Prima di iniziare, assicuratevi che:

  • Si disponga di un’istanza funzionante di AlmaLinux 8 o 9

  • Si abbiano i privilegi di root o sudo

  • Python 3.7 o superiore sia installato

Passo 1: Aggiornare il sistema

Aprite il terminale ed eseguite il seguente comando per aggiornare tutti i pacchetti del sistema:

sudo dnf update -y

Opzionalmente, installate EPEL per accedere a pacchetti aggiuntivi:

sudo dnf install epel-release -y

Passo 2: Installare Python e pip

Verificare se Python è già installato:

python3 --versione

Se non è installato, potete installarlo con:

sudo dnf install python3 python3-pip -y

Passo 3: Creare un ambiente virtuale (opzionale)

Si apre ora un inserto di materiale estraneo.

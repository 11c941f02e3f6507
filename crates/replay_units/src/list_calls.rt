// Internal: the calls of `list_units`.
use boxes::place;
use replay_text::{fields, shown};

// The calls by their numbers, which are those of the format of a case (crates/replay/README.md).
pub fn answer(op: u8, numbers: &[u8], list: &[u8], text: &mut [u8], at: usize) -> usize {
    let t = place::byte(numbers, 0);
    let k = fields::place(numbers, 1);
    match op {
        14 => shown::counted(text, at, list_units::nal_count(list)),
        15 => shown::part(text, at, list_units::nal_unit(list, k)),
        16 => shown::counted(text, at, list_units::nal_count_of_type(list, t)),
        17 => shown::part(text, at, list_units::nal_unit_of_type(list, t, k)),
        40 => shown::place(text, at, list_units::nal_unit_at(list, k)),
        _ => shown::place(text, at, list_units::nal_unit_of_type_at(list, t, k)),
    }
}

Per mantenere il vostro ambiente Python pulito e isolato, è una buona idea creare un ambiente virtuale:

python3 -m venv pytorch_env
sorgente pytorch_env/bin/activate

Passo 4: installare PyTorch con pip

Per installare PyTorch con il supporto per la sola CPU:

pip installare torch torchvision torchaudio

Se si desidera l’accelerazione via GPU e si dispone di una GPU NVIDIA supportata con i driver e CUDA appropriati, utilizzare il comando appropriato. Ad esempio, per installare PyTorch con supporto CUDA 11.8:

pip install torch torchvision torchaudio --index-url https://download.pytorch.org/whl/cu118

Le opzioni di installazione più recenti sono disponibili sul sito ufficiale di PyTorch:
https://pytorch.org/get-started/locally

Passo 5: Verificare l’installazione

Per verificare che PyTorch sia stato installato correttamente, eseguite:

python

Quindi inserire quanto segue nella shell di Python:

import torch
print(torch.__version__)
print("CUDA disponibile:", torch.cuda.is_available())

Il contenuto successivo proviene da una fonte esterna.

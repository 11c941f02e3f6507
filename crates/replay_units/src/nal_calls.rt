// Internal: the calls of `nal` and of `unit_check`.
use boxes::place;
use error::Refusal;
use nal::UnitKind;
use replay_text::{shown, text};

// Puts a field of a header: 1 and its number, or 0 if it is absent.
fn put_field(out: &mut [u8], at: usize, r: Result<Option<u8>, Refusal>) -> usize {
    match r {
        Ok(Some(v)) => shown::pair(out, at, 1, usize::from(v)),
        Ok(None) => shown::number(out, at, 0),
        Err(e) => shown::refused(out, at, e),
    }
}

// `check_unit`: 1 for yes, 0 for no.
fn put_check(out: &mut [u8], at: usize, r: Result<bool, Refusal>) -> usize {
    match r {
        Ok(passes) => shown::flag(out, at, passes),
        Err(e) => shown::refused(out, at, e),
    }
}

// `unit_kind`: the number of the kind, from 0 in their order in `nal`, and the type if the kind has one.
fn put_kind(out: &mut [u8], at: usize, kind: UnitKind) -> usize {
    match kind {
        UnitKind::PictureData(t) => shown::pair(out, at, 0, usize::from(t)),
        UnitKind::Record(t) => shown::pair(out, at, 1, usize::from(t)),
        UnitKind::Aud => shown::number(out, at, 2),
        UnitKind::Other => shown::number(out, at, 3),
    }
}

// `nal_header`
fn put_header(numbers: &[u8], out: &mut [u8], at: usize) -> usize {
    let t = place::byte(numbers, 0);
    let layer = place::byte(numbers, 1);
    let temporal = place::byte(numbers, 2);
    let bytes = nal::nal_header(t, layer, temporal);
    let next = shown::accepted(out, at);
    text::put_bytes(out, next, &bytes)
}

// The calls by their numbers, which are those of the format of a case (crates/replay/README.md).
pub fn answer(op: u8, numbers: &[u8], s: &[u8], out: &mut [u8], at: usize) -> usize {
    let t = place::byte(numbers, 0);
    match op {
        6 => put_field(out, at, nal::nal_unit_type(s)),
        7 => put_field(out, at, nal::nal_layer_id(s)),
        8 => put_field(out, at, nal::nal_temporal_id_plus1(s)),
        9 => put_check(out, at, unit_check::check_unit(s)),
        10 => put_header(numbers, out, at),
        11 => put_kind(out, at, nal::unit_kind(t)),
        12 => shown::flag(out, at, nal::is_vcl(t)),
        _ => shown::flag(out, at, nal::is_record_nal_type(t)),
    }
}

Se tutto funziona, si vedrà la versione installata di PyTorch e se CUDA è disponibile.

Suggerimenti per la risoluzione dei problemi

  • Se si riscontrano problemi con pip o con i certificati SSL, aggiornare pip:

pip install --upgrade pip
  • Se si usa CUDA, assicurarsi che i driver NVIDIA e il toolkit CUDA siano correttamente installati e compatibili con la versione di PyTorch che si sta installando.

Conclusione

Avete installato con successo PyTorch su AlmaLinux. Sia che stiate sviluppando modelli di deep learning o eseguendo esperimenti, PyTorch offre un framework flessibile e potente per l’apprendimento automatico su sistemi Linux. Per configurazioni più avanzate, si può considerare l’integrazione con Jupyter Notebook o l’uso di container Docker.